Scientific classification
- Kingdom: Animalia
- Phylum: Arthropoda
- Clade: Pancrustacea
- Class: Insecta
- Order: Odonata
- Infraorder: Anisoptera
- Family: Libellulidae
- Genus: Orthetrum
- Species: O. hintzi
- Binomial name: Orthetrum hintzi Schmidt, 1951

= Orthetrum hintzi =

- Genus: Orthetrum
- Species: hintzi
- Authority: Schmidt, 1951
- Conservation status: LC

Species of dragonfly

Orthetrum hintzi, the dark-shouldered skimmer is a species of dragonfly in the family Libellulidae.

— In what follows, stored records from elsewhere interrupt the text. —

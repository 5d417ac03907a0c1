// A finding: one refused line, as a JSON object.
use crate::chars::{char_count, first_piece};
use serde_json::{Map, Value, push, put};
use span_text::lines;
use std::alloc::Global;
use tell_mend::{Reader, cut};

/// An object and its members by name. If memory runs out, `is_short` is set and the object must not be used.
#[derive(Drop)]
pub struct Finding {
    alloc: Global,
    members: Map<String, Value>,
    pub is_short: bool,
}

impl Finding {
    /// An object without members.
    pub fn new(alloc: Global) -> Finding {
        Finding {
            alloc,
            members: Map::new(alloc),
            is_short: false,
        }
    }

    // Sets a member.
    fn set(&mut self, key: &str, value: Value) {
        self.is_short |= put(&mut self.members, self.alloc, key, value).is_err();
    }

    /// Sets a member to a number.
    pub fn set_number(&mut self, key: &str, number: i64) {
        self.set(key, Value::from(number));
    }

    /// Sets a member to a count.
    pub fn set_count(&mut self, key: &str, count: usize) {
        self.set(key, Value::from(count));
    }

    /// Sets a member to a text. Bytes that aren't UTF-8 are replaced.
    pub fn set_text(&mut self, key: &str, text: &[u8]) {
        match String::from_utf8_lossy(self.alloc, text) {
            Ok(text) => self.set(key, Value::from(text)),
            Err(_) => self.is_short = true,
        }
    }

    /// Sets a member to the list of a text's lines, if there are any.
    pub fn set_lines(&mut self, key: &str, text: &[u8]) {
        let mut items = Vec::new(self.alloc);
        for line in lines(text) {
            match String::from_utf8_lossy(self.alloc, line.bytes) {
                Ok(text) => self.is_short |= push(&mut items, Value::from(text)).is_err(),
                Err(_) => self.is_short = true,
            }
        }
        self.set_items(key, items);
    }

    /// Sets the cures, one on each line of the text.
    pub fn set_cure(&mut self, cure: &[u8]) {
        self.set_lines("cure", cure);
    }

    /// Sets where in the line the cause shows. Column and width count characters, columns from 1. The offset
    /// counts bytes from 0.
    pub fn set_place(&mut self, line: &[u8], at: usize) {
        let (front, rest) = cut(line, at);
        self.set_count("offset", at);
        self.set_count("column", char_count(front).saturating_add(1));
        self.set_count("width", char_count(first_piece(rest)).max(1));
    }

    /// Appends an object to a list.
    pub fn push_item(&mut self, items: &mut Vec<Value>, item: Finding) {
        self.is_short |= item.is_short;
        self.is_short |= push(items, item.value()).is_err();
    }

    /// Sets a member to a list, unless it is empty.
    pub fn set_items(&mut self, key: &str, items: Vec<Value>) {
        if !items.is_empty() {
            self.set(key, Value::from(items));
        }
    }

    /// The object.
    pub fn value(self) -> Value {
        Value::from(self.members)
    }
}

/// A member that is a text; empty if there is none.
pub fn text_of<'v>(object: &'v Value, key: &str) -> &'v str {
    match object.get(key) {
        Some(Value::String(text)) => text,
        _ => "",
    }
}

/// A member that is a number; 0 if there is none.
pub(crate) fn number_of(object: &Value, key: &str) -> i64 {
    match object.get(key) {
        Some(value) => value.as_i64().unwrap_or(0),
        None => 0,
    }
}

/// A member that is a list; empty if there is none.
pub(crate) fn items_of<'v>(object: &'v Value, key: &str) -> &'v [Value] {
    match object.get(key) {
        Some(Value::Array(items)) => items,
        _ => &[],
    }
}

/// Appends the object as JSON on a line.
pub fn put_json(reader: &mut Reader, out: &mut Vec<u8>, object: &Value) {
    match object.to_string(reader.alloc()) {
        Ok(text) => reader.put_all(out, &[text.as_bytes(), b"\n"]),
        Err(_) => reader.fail_if(true),
    }
}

It is found in Angola, Benin, Botswana, Central African Republic, the Republic of the Congo, the Democratic Republic of the Congo, Ivory Coast, Equatorial Guinea, Ethiopia, Ghana, Guinea, Guinea-Bissau, Kenya, Liberia, Malawi, Mali, Mozambique, Namibia, Nigeria, Senegal, Sierra Leone, South Africa, Tanzania, Uganda, Zambia, Zimbabwe, and possibly Burundi. Its natural habitats are subtropical or tropical moist lowland forests, subtropical or tropical dry shrubland, subtropical or tropical moist shrubland, rivers, swamps, freshwater marshes, intermittent freshwater marshes, and freshwater springs.